A key limitation of this study that needs to be recognized is the limited sample size. With samples this small, a single outlier can dramatically affect the magnitude of the relationship. For this reason outliers were carefully identified and removed in order to provide a more accurate representation of the association. Furthermore, visual observation of Figures 1 and 2 reveals a reasonable distribution of scores across the continuum of each scale with no obvious outliers. However, it is still very possible that few additional subjects could dramatically affect this relationship. The strength of the relationships, especially that between the PCS and HnCWR, provides some degree of confidence in the association, but until more data are collected, this should be considered no more than proof-of-concept. In fact, one could argue that the association is too strong at this stage, certainly well beyond that expected. Further investigation in a larger sample will be required here.

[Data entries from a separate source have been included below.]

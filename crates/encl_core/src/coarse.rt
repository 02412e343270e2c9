//! Enclosures by endpoints of 64 bits in units of 2⁻³⁶.
ghost use Rattle.std.specs.Prelude.{refl};
ghost use Rattle.encl_core.specs.Shown.{shown_coarse, coarse_proper};

use crate::fractions::frac_endpoints;
use crate::turning::angle_endpoints;
use crate::{Enclosure, Span, Trail};
use book_model::{Frac, Site, Undecided};
use interval_endpoints::{
    Endpoints, add_endpoints, cell_of_endpoints, clamp_endpoints, endpoints_at_fine_scale,
    endpoints_of_span, hull_endpoints, int_endpoints, max_endpoints, min_endpoints, neg_endpoints,
    order_of_endpoints, period_of_endpoints, rest_of_period, scale_endpoints, sub_endpoints,
    undecided_test_at, widen_endpoints,
};
use interval_products::{div_endpoints, mul_endpoints, root_endpoints, square_endpoints};

/// An enclosure by two endpoints of 64 bits in units of 2⁻³⁶, rounded outwards; every number, where an endpoint doesn't fit.
#[derive(Clone, Copy, Debug, PartialEq)]
pub struct Coarse {
    pub(crate) endpoints: Option<Endpoints<i64>>,
}

impl Enclosure for Coarse {
    ghost shown = { shown_coarse };

    ghost proper = { coarse_proper };

    ghost BITS = { 36 };

    ghost DEPTH = { 40 };

    ghost depth_law = { refl };

    const BITS: u32 = 36;

    const DEPTH: u32 = 40;

    fn whole() -> Self {
        Coarse { endpoints: None }
    }

    fn from_int(value: i64) -> Self {
        Coarse {
            endpoints: int_endpoints(value),
        }
    }

    // Inlined where an argument is mostly a constant, so that the compiler knows the divisor.
    #[inline(always)]
    fn from_frac(value: Frac) -> Self {
        Coarse {
            endpoints: frac_endpoints(value),
        }
    }

    #[inline(always)]
    fn from_span(span: Span) -> Self {
        Coarse {
            endpoints: endpoints_of_span(span.lo, span.hi),
        }
    }

    fn add(self, other: Self) -> Self {
        Coarse {
            endpoints: add_endpoints(self.endpoints, other.endpoints),
        }
    }

    fn sub(self, other: Self) -> Self {
        Coarse {
            endpoints: sub_endpoints(self.endpoints, other.endpoints),
        }
    }

    fn mul(self, other: Self) -> Self {
        Coarse {
            endpoints: mul_endpoints(self.endpoints, other.endpoints),
        }
    }

    fn min(self, other: Self) -> Self {
        Coarse {
            endpoints: min_endpoints(self.endpoints, other.endpoints),
        }
    }

    fn max(self, other: Self) -> Self {
        Coarse {
            endpoints: max_endpoints(self.endpoints, other.endpoints),
        }
    }

    fn hull(self, other: Self) -> Self {
        Coarse {
            endpoints: hull_endpoints(self.endpoints, other.endpoints),
        }
    }

    fn neg(self) -> Self {
        Coarse {
            endpoints: neg_endpoints(self.endpoints),
        }
    }

    fn widen(self, by: Frac) -> Self {
        Coarse {
            endpoints: widen_endpoints(self.endpoints, by),
        }
    }

    #[inline(always)]
    fn mul_frac(self, by: Frac) -> Self {
        Coarse {
            endpoints: scale_endpoints(self.endpoints, by),
        }
    }

    #[inline(always)]
    fn angle(self, phase: i64, rate: i64) -> Self {
        Coarse {
            // One quotient at each endpoint in place of three roundings.
            endpoints: angle_endpoints(self.endpoints, phase, rate),
        }
    }

    fn div(self, other: Self) -> Self {
        Coarse {
            endpoints: div_endpoints(self.endpoints, other.endpoints),
        }
    }

    fn square(self) -> Self {
        Coarse {
            endpoints: square_endpoints(self.endpoints),
        }
    }

    fn root(self) -> Self {
        Coarse {
            endpoints: root_endpoints(self.endpoints),
        }
    }

    fn clamp_unit(self) -> Self {
        Coarse {
            endpoints: Some(clamp_endpoints(self.endpoints)),
        }
    }

    fn span(self) -> Option<Span> {
        let (lo, hi) = endpoints_at_fine_scale(self.endpoints)?;
        Some(Span { lo, hi })
    }

    fn less(self, other: Self, site: Site, trail: &mut Trail) -> Result<bool, Undecided> {
        let turn = trail.step();
        match order_of_endpoints(self.endpoints, other.endpoints) {
            Some(answer) => Ok(answer),
            None => Err(undecided_test_at(
                hull_endpoints(self.endpoints, other.endpoints),
                site,
                turn,
            )),
        }
    }

    fn floor(self, site: Site, trail: &mut Trail) -> Result<i64, Undecided> {
        let turn = trail.step();
        match cell_of_endpoints(self.endpoints) {
            Some(cell) => Ok(cell),
            None => Err(undecided_test_at(self.endpoints, site, turn)),
        }
    }

    fn wrap(self, modulus: u32, site: Site, trail: &mut Trail) -> Result<Self, Undecided> {
        let turn = trail.step();
        match period_of_endpoints(self.endpoints, modulus) {
            Some(period) => Ok(Coarse {
                endpoints: rest_of_period(self.endpoints, modulus, period),
            }),
            None => Err(undecided_test_at(self.endpoints, site, turn)),
        }
    }
}
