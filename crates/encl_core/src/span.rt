//! The endpoints of an enclosure at one scale for all kinds.
ghost use Rattle.std.specs.Prelude.{◌≤ℤ◌};

/// Two endpoints in order, in units of 2⁻⁵⁶.
#[derive(Clone, Copy, Debug, PartialEq)]
pub struct Span {
    pub lo: i128,
    pub hi: i128,
    ghost ordered: { lo ≤ℤ hi },
}
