impl RecordedMachine {
    /// A machine over empty tables of these definitions.
    pub fn new(alloc: Global, defs: &Defs) -> Result<RecordedMachine, NoMemory>
        ensures seen { IfOk result (λ recorded. recorded.log.seen ≡ opened_new defs.now ∷ []) }
        ensures sound { IfOk result (λ recorded. IsSound recorded.log.seen) }
        ensures defined { IfOk result (λ recorded. definitions_of recorded.log.seen ≡ defs.now) }
    {
        let _count = defs.len();
        let machine = match Machine::new(alloc, Tables::of_definitions(alloc, defs)?) {
            Ok(machine) => machine,
            Err((_, fault)) => return Err(fault),
        };
        let opened = Entry {
            caller: 0,
            session: 0,
            call: Call::Opened(Tables::of_definitions(alloc, defs)?),
            reply: Reply::Done,
        };
        let mut history = Vec::new(alloc);
        match history.push(opened) {
            Ok(()) => Ok(RecordedMachine { machine, history }),
            Err(_) => Err(NoMemory),
        }
    }

    pub fn history(&self) -> &[Entry]
        ensures { result.now ≡ self.now.log.seen }
    {
        self.history.as_slice()
    }

    /// Makes room for the entries of a call, and for the closing of each open session. It is worn where the limit has none.
    pub fn begin(&mut self) -> Result<(), DeskFault>
        ensures seen { self.new.log.seen ≡ self.old.log.seen }
        ensures kept { self.old.log.room ≤ self.new.log.room }
        ensures cursors { self.new.kept ≡ self.old.kept }
        ensures begun { OnOk result (HasBegun self.old.log.seen self.new.log) }
        ensures worn { IfErr result (λ fault. fault ≡ DeskFault.Memory ⊎ ((fault ≡ DeskFault.Worn (length self.old.log.seen)) × IsWorn entry_limit self.old.log.seen)) }
    {
        let entries = self.history.len();
        let sessions = self.machine.sessions() as usize;
        if sessions > ENTRY_LIMIT || entries + sessions + 4 > ENTRY_LIMIT {
            return Err(DeskFault::Worn(entries as u64));
        }
        match self.history.reserve(sessions + 4) {
            Ok(()) => Ok(()),
            Err(_) => Err(DeskFault::Memory),
        }
    }

    /// The mode of an open session.
    pub fn mode(&self, session: u64) -> SessionMode
        requires { IsOpenFor self.now.log.seen 0 session }
        ensures mode { mode_of (state_after self.now.log.seen) session ≡ Some result }
        ensures sound { IsSound self.now.log.seen }
    {
        self.machine.mode(session)
    }

    pub fn open(&mut self) -> Result<u64, DeskFault>
        requires { HasRoom self.old.log 1 }
        ensures opened { IfOk result (λ s. self.new.log ≡ pushed self.old.log s call.Open (reply.Session s)) }
        ensures is_open { IfOk result (λ s. IsOpenFor self.new.log.seen 0 s) }
        ensures sound { IsSound self.new.log.seen }
        ensures defined { definitions_of self.new.log.seen ≡ definitions_of self.old.log.seen }
        ensures kept { OnErr result (self.new ≡ self.old) }
        ensures memory { IfErr result (λ fault. fault ≡ DeskFault.Memory) }
    {
        match self.machine.open() {
            Ok(session) => {
                self.history
                    .push_reserved(entry(session, Call::Open, Reply::Session(session)));
                Ok(session)
            }
            Err(NoMemory) => Err(DeskFault::Memory),
        }
    }

    /// The copy of the row stands in the history. Want of memory leaves no entry.
    pub fn insert(
        &mut self,
        session: u64,
        table: u32,
        row: Row,
        copy: Row,
    ) -> Result<Added, InsertFault>
        requires room { HasRoom self.old.log 1 }
        requires is_open { IsOpenFor self.old.log.seen 0 session }
        requires row { IsRowFor (definitions_of self.old.log.seen) table row }
        requires copy { copy ≡ row }
        ensures entry { self.new.log ≡ answered self.old.log session (call.Insert table row) (insert_answer result) }
        ensures is_open { IsOpenFor self.new.log.seen 0 session }
        ensures sound { IsSound self.new.log.seen }
        ensures defined { definitions_of self.new.log.seen ≡ definitions_of self.old.log.seen }
        ensures entered { IfErr result IsInsertRefusal }
    {
        let answer = desk_answer(self.machine.insert(session, table, row));
        match reply_of(&answer) {
            Some(reply) => {
                self.history
                    .push_reserved(entry(session, Call::Insert(table, copy), reply));
                answer
            }
            None => answer,
        }
    }

    /// The machine itself, whose state is the one that the history reaches.
    pub fn machine(&self) -> &Machine
        ensures state { result.now.state ≡ state_after self.now.log.seen }
        ensures defined { definitions result.now.state.tables ≡ definitions_of self.now.log.seen }
        ensures kept { result.now.kept ≡ self.now.kept }
    {
        &self.machine
    }

    /// Keeps each listed condition in its table, which is no entry. A refusal leaves some of them kept.
    pub fn keep(&mut self, list: &Looks) -> Result<(), DeskFault>
        requires { All (IsListed (definitions_of self.old.log.seen)) list.now }
        ensures log { self.new.log ≡ self.old.log }
        ensures kept { OnOk result (self.new.kept ≡ keep_all list.now self.old.kept) }
        ensures lists { length self.old.kept ≡ length (definitions_of self.old.log.seen) }
        ensures memory { IfErr result (λ fault. fault ≡ DeskFault.Memory) }
    {
        match self.machine.keep(list) {
            Ok(()) => Ok(()),
            Err(NoMemory) => Err(DeskFault::Memory),
        }
    }

    /// A look of a session in non-owner mode. Where it finds none and the time is not over it is no entry, and gives the
    /// list back.
    pub fn look(&mut self, session: u64, list: Looks, over: bool) -> Result<Option<u32>, Looks>
        requires room { HasRoom self.old.log 1 }
        requires is_open { IsOpenFor self.old.log.seen 0 session }
        requires mode { mode_of (state_after self.old.log.seen) session ≡ Some SessionMode.NonOwner }
        requires listed { All (IsListed (definitions_of self.old.log.seen)) list }
        ensures cursors { self.new.kept ≡ kept_after (state_after self.old.log.seen).tables list self.old.kept }
        ensures looked { IfOk result (λ place. self.new.log ≡ pushed self.old.log session (call.Look list) (look_reply place)) }
        ensures over { result ≡ Ok None → over ≡ true }
        ensures waits { IfErr result (λ back. (self.new.log ≡ self.old.log) × (back ≡ list) × (over ≡ false)) }
        ensures is_open { IsOpenFor self.new.log.seen 0 session }
        ensures sound { IsSound self.new.log.seen }
        ensures defined { definitions_of self.new.log.seen ≡ definitions_of self.old.log.seen }
    {
        let place = self.machine.look(session, &list, over, &mut cond_steps());
        if ends_wait(place, over) {
            self.history
                .push_reserved(entry(session, Call::Look(list), look_outcome(place)));
            Ok(place)
        } else {
            Err(list)
        }
    }

    /// It tells the row that was removed. The session is in non-owner mode then.
    pub fn end(&mut self, session: u64) -> Result<Option<(u32, u64)>, Refusal>
        requires room { HasRoom self.old.log 1 }
        requires is_open { IsOpenFor self.old.log.seen 0 session }
        ensures cursors { self.new.kept ≡ self.old.kept }
        ensures ended { self.new.log ≡ pushed self.old.log session call.End (end_reply result) }
        ensures removed { IfOk result (λ row. is_some row ≡ is_owner (mode_of (state_after self.old.log.seen) session)) }
        ensures refused { OnErr result (mode_of (state_after self.old.log.seen) session ≡ Some SessionMode.NonOwner) }
        ensures refusal { IfErr result (λ refusal. refusal ≡ Refusal.NotOwner) }
        ensures is_open { IsOpenFor self.new.log.seen 0 session }
        ensures mode { mode_of (state_after self.new.log.seen) session ≡ Some SessionMode.NonOwner }
        ensures sound { IsSound self.new.log.seen }
        ensures defined { definitions_of self.new.log.seen ≡ definitions_of self.old.log.seen }
    {
        let ended = self.machine.end(session);
        self.history
            .push_reserved(entry(session, Call::End, end_outcome(&ended)));
        ended
    }

    /// It gives the owned row back.
    pub fn abort(&mut self, session: u64) -> Result<(), Refusal>
        requires room { HasRoom self.old.log 1 }
        requires is_open { IsOpenFor self.old.log.seen 0 session }
        ensures aborted { self.new.log ≡ pushed self.old.log session call.Abort (abort_reply result) }
        ensures refusal { IfErr result (λ refusal. refusal ≡ Refusal.NotOwner) }
        ensures is_open { IsOpenFor self.new.log.seen 0 session }
        ensures sound { IsSound self.new.log.seen }
        ensures defined { definitions_of self.new.log.seen ≡ definitions_of self.old.log.seen }
    {
        let aborted = self.machine.abort(session);
        self.history
            .push_reserved(entry(session, Call::Abort, abort_outcome(&aborted)));
        aborted
    }

    /// The number of the owned row.
    pub fn row_id(&mut self, session: u64) -> Result<u64, Refusal>
        requires room { HasRoom self.old.log 1 }
        requires is_open { IsOpenFor self.old.log.seen 0 session }
        ensures told { self.new.log ≡ pushed self.old.log session call.RowId (row_reply result) }
        ensures refusal { IfErr result (λ refusal. (refusal ≡ Refusal.NotOwner) ⊎ (refusal ≡ Refusal.NoRow)) }
        ensures is_open { IsOpenFor self.new.log.seen 0 session }
        ensures sound { IsSound self.new.log.seen }
        ensures defined { definitions_of self.new.log.seen ≡ definitions_of self.old.log.seen }
    {
        let told = self.machine.row_id(session);
        self.history
            .push_reserved(entry(session, Call::RowId, row_outcome(&told)));
        told
    }

    /// The rows that the session sees, twice: the history keeps a copy. Want of memory leaves no entry.
    pub fn select(
        &mut self,
        alloc: Global,
        session: u64,
        table: u32,
        most: u32,
    ) -> Result<Rows, DeskFault>
        requires room { HasRoom self.old.log 1 }
        requires is_open { IsOpenFor self.old.log.seen 0 session }
        requires inside { table < length (definitions_of self.old.log.seen) }
        ensures shown { self.new.log ≡ answered self.old.log session (call.Select table most) (select_answer result) }
        ensures memory { IfErr result (λ fault. fault ≡ DeskFault.Memory) }
        ensures is_open { IsOpenFor self.new.log.seen 0 session }
        ensures sound { IsSound self.new.log.seen }
        ensures defined { definitions_of self.new.log.seen ≡ definitions_of self.old.log.seen }
    {
        let Ok(rows) = self.machine.select(alloc, session, table, most) else {
            return Err(DeskFault::Memory);
        };
        let Ok(copy) = rows.copy(alloc) else {
            return Err(DeskFault::Memory);
        };
        self.history.push_reserved(entry(session, Call::Select(table, most), Reply::Shown(copy)));
        Ok(rows)
    }

    pub fn close(&mut self, session: u64)
        requires room { HasRoom self.old.log 1 }
        requires is_open { IsOpenFor self.old.log.seen 0 session }
        ensures closed { self.new.log ≡ pushed self.old.log session call.Close reply.Done }
        ensures sound { IsSound self.new.log.seen }
        ensures defined { definitions_of self.new.log.seen ≡ definitions_of self.old.log.seen }
    {
        self.machine.close(session);
        self.history
            .push_reserved(entry(session, Call::Close, Reply::Done));
    }

    /// Whether a session is open.
    pub fn is_open(&self, session: u64) -> bool
        ensures { IsTrue result ↔ IsSessionOpen (state_after self.now.log.seen) session }
    {
        self.machine.is_open(session)
    }

    /// In memory every change is safe at once.
    pub fn sync(&mut self, session: u64)
        requires room { HasRoom self.old.log 1 }
        requires is_open { IsOpenFor self.old.log.seen 0 session }
        ensures cursors { self.new.kept ≡ self.old.kept }
        ensures synced { self.new.log ≡ pushed self.old.log session call.Sync reply.Done }
        ensures is_open { IsOpenFor self.new.log.seen 0 session }
        ensures sound { IsSound self.new.log.seen }
        ensures defined { definitions_of self.new.log.seen ≡ definitions_of self.old.log.seen }
    {
        self.history
            .push_reserved(entry(session, Call::Sync, Reply::Done));
    }
}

An additional limitation is reflected in the protocol for saliva collection; subjects collected the samples independently at home not under the supervision of a member of the research team. This was intentional and is not uncommon in the field (e.g., [56]). This is done to remove the potentially confounding effect of the stress of going to work or the potential stress of being in the laboratory or clinic environment. However, this does increase the potential for noncompliance with the measurement protocol, and in fact the magnitude of the CWR in this pilot study is lower than what has been published previously suggesting that, perhaps, the initial saliva sample was not obtained immediately upon waking. As an attempt at some degree of standardization in this regard, subjects completed a simple self-report form at each collection interval, on which they indicated the time they awoke that day, the current time of the collection, and indicated by a check box that they had followed the protocol (no eating, drinking, exercise, or intercourse for 1 hour prior). While the times reported on those forms were in accordance with the protocol, this is by no means an absolute protection against deviation. However, it provided at least some degree of confidence that subjects were at least aware of the protocol and tried to follow it. Finally, there was some evidence of sample contamination that occurred in one subject at baseline and another at 3-month followup. We were unable to identify the source of the contamination, but this highlights the importance of strict adherence to protocol and sterile handling procedures. From a practical perspective, this type of sampling can be more challenging than self-report measures since some patients may not have adequate hair available and others may be reluctant to have hair cut from their head. These were certainly challenges experienced during recruitment and sampling. Given the strong relationships between biological and psychological reports in this study, further exploration of this relationship is imperative. Exploring alternate strategies to make the sampling more palatable to subjects, longitudinal designs to look at predictive validity in larger samples and feasibility of creating practical tests that could be used in the clinic will be needed before this proof-of-principle finding can be scaled up for widespread clinical utilization.

6. Conclusions

Preliminary evidence has been presented that suggests the cortisol waking response measured in the acute phase after musculoskeletal trauma may provide important insights into the mechanisms of concurrent distress and future recovery status, but only when normalized to 3-month hair cortisol. While small sample size exposes potential risk of over interpretation, the magnitude of the associations provides confidence in HnCWR as a promising avenue for further research.


This work was supported by an Academic Development Fund grant from Western University Canada awarded to D. Walton, J. MacDermid, and S. Van Uum. The authors declare that they have no conflict of interests with the material presented.